Viruses, Trojans, or drive-by downloads. Whatever you name them, “zero-day” malware variants regularly bypass firewalls and antivirus.
“Okay, but my firewall or antivirus provider says they now have signature-less technology to detect advanced malware.”
OpenDNS is not seeking to replace products that try to detect threats by spotting what they look like. OpenDNS’s approach is to block the DNS queries to Internet infrastructure that are used to deliver malware. We find that attackers often reuse the same domain names, DNS nameservers, and IP address spaces to deliver many malware variants and different attacks.
Stop even evasive malware without sacrificing performance
Sophisticated attackers have the luxury of testing their threats against our security solutions. They learn how to adapt malware to evade the latest security products. For example, delayed actions, user interactions, and even self-assembling code are often used to hide from behavior-based sandboxes. Organizations respond by building and buying even “better” detection tools—but at what cost? How much system memory or network latency must be sacrificed to detect targeted attacks? OpenDNS’s approach is agnostic to the behavior of advanced malware. By leveraging the Internet’s existing infrastructure cloud-based security is used to block both basic viruses and complex Trojans.
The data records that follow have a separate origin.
// Which distinct values an atom joins, and words spread over members.
#![tactic(auto)]

ghost use Rattle.std.specs.Prelude.{length, ◌≡◌, ◌+◌, ◌*◌, ◌≤◌, ◌<◌};
ghost use Rattle.policy.specs.Rules.{form_of, linked};
ghost use Rattle.grant_joins.specs.Tables.{spread_of, joins, union_of};
ghost use Rattle.grant_joins.specs.Tables.{value_count};

use role_record::{ByPlaceMember, RoleFile};

// Joins a set to the words of some members of a block, which has 64 words.
pub fn spread(block: usize, members: u64, word: u64, out: &mut [u64])
    requires { 64 * block + 64 ≤ length out.old }
    ensures { out.new ≡ spread_of (length out.old) block members word out.old }
{
    for y in sets::members(members) {
        out[RoleFile::MEMBERS * block + y] = sets::union(out[RoleFile::MEMBERS * block + y], word);
    }
}

// How many distinct values a place has: nobody has the next.
pub fn number(having: &ByPlaceMember, place: usize) -> usize
    requires { place < 14 }
    ensures { result ≡ value_count having.now place }
{
    (0..RoleFile::MEMBERS)
        .position(|k| having[RoleFile::MEMBERS * place + k] == 0)
        .unwrap_or(RoleFile::MEMBERS)
}

// Whether an atom joins two values. Left says that the first is a set, right that the second is.
fn fits(left: bool, right: bool, v: u64, w: u64) -> bool
    ensures { result ≡ linked (form_of left right) v w }
{
    if left {
        if right {
            return sets::within(w, v);
        }
        // No set has a number above 63.
        return sets::has(v, w as usize);
    }
    if right {
        return false;
    }
    v == w
}

// The same, of the two values changed round if that is asked for.
fn joins(left: bool, right: bool, turned: bool, v: u64, w: u64) -> bool
    ensures { result ≡ joins left right turned v w }
{
    if turned {
        return fits(left, right, w, v);
    }
    fits(left, right, v, w)
}

// Who has, at a place, one of the first values that a value is joined with.
pub fn joined<'a>(
    distinct: &'a ByPlaceMember,
    having: &'a ByPlaceMember,
    place: usize,
    count: usize,
    left: bool,
    right: bool,
    turned: bool,
    v: u64,
) -> u64
    requires { (place < 14) × (count ≤ 64) }
    ensures { result ≡ union_of distinct.now having.now (joins left right turned v) place count }
{
    let mut m: u64 = 0;
    for l in 0..count {
        let word = having[RoleFile::MEMBERS * place + l];
        // Which values are joined cannot be foreseen, so there is a word to join either way.
        let found = if joins(
            left,
            right,
            turned,
            v,
            distinct[RoleFile::MEMBERS * place + l],
        ) {
            word
        } else {
            0
        };
        m = sets::union(m, found);
    }
    m
}
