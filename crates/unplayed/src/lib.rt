// What `play` does with a list that it does not play: it tells whether it surely finishes, or mends it.
#![tactic(auto)]

pub mod check; // whether a list surely finishes
pub mod mend; // mends a list
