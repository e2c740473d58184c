// Which dots of a line are painted: all, or those of a pattern of 32 bits.
ghost use Rattle.std.specs.Prelude.{◌≡◌, ℕ};
ghost use Rattle.lines.specs.Dashes as Dashes;

// The pattern paints the dot with this number: bit 0 is the lowest, and after bit 31 comes bit 0 again.
pub fn lit(pattern: u32, number: u32) -> bool
    ensures { result ≡ Dashes.lit pattern number }
{
    (pattern >> (number % 32)) % 2 == 1
}

// What says of a dot, by its number, whether it is painted: as its bits would.
pub trait Pattern: Copy {
    ghost bits: { Self → ℕ };

    fn paints(self, number: u32) -> bool
        ensures { result ≡ Dashes.lit (bits self) number };
}

// All ones, of which nothing is asked.
#[derive(Clone, Copy)]
pub struct Solid;

impl Pattern for Solid {
    ghost bits = { λ s. Dashes.solid };

    fn paints(self, _number: u32) -> bool {
        true
    }
}

// Any bits.
#[derive(Clone, Copy)]
pub struct Dashed {
    pub pattern: u32,
}

impl Pattern for Dashed {
    ghost bits = { λ d. d.pattern };

    fn paints(self, number: u32) -> bool {
        lit(self.pattern, number)
    }
}
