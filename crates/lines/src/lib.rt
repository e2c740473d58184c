// Lines, also dashed ones, on a lent screen, within a frame.
#![tactic(auto)]

pub mod line; // a line's dots
pub mod course; // a line from its start along the long axis
mod span; // the dots of a course within a rectangle
mod walk; // from dot to dot
pub mod dashes; // the same, where a pattern paints some dots and others not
Reroute your employees around malvertising
Many don’t realize it, but visiting a website triggers interactions with dozens to hundreds of other Web servers without your consent—most as a result of online ads. This is problematic as the chain of intermediaries used to deliver ads is increasingly exploited by criminals. Dozens of the largest ad networks have been compromised including DoubleClick (Google) and YieldManager (Yahoo!). And the biggest Web properties including Facebook, YouTube, MLB, and NYTimes have been impacted. OpenDNS stops malvertising by seeing every silent browser interaction and blocking malicious redirections.
Avoid fraudulent sites that phish your employees
Today’s targeted spear phishing can fool even trained security professionals. And despite programs to make employees aware of best practices, they still use the same passwords to access corporate apps. In 2006, ODNS created and still operate PhishTank—the first and most successful collaborative clearinghouse for phishing information on the Internet. And now we use our big data analytics to predict where phishing sites will emerge.
Data scientists, threat researchers, infrastructure engineers
The OpenDNS Security Labs team takes a predictive approach to security. Our goal is to continually innovate ahead of the pace of technology change and build the best malware protection and security platform possible without sacrificing performance. By analyzing 80 billion or more queries a day, ODNS blocks more than 80,000,000 malicious requests each day. And we’re always iterating on our algorithms and expanding our visibility to provide predictive security whenever possible.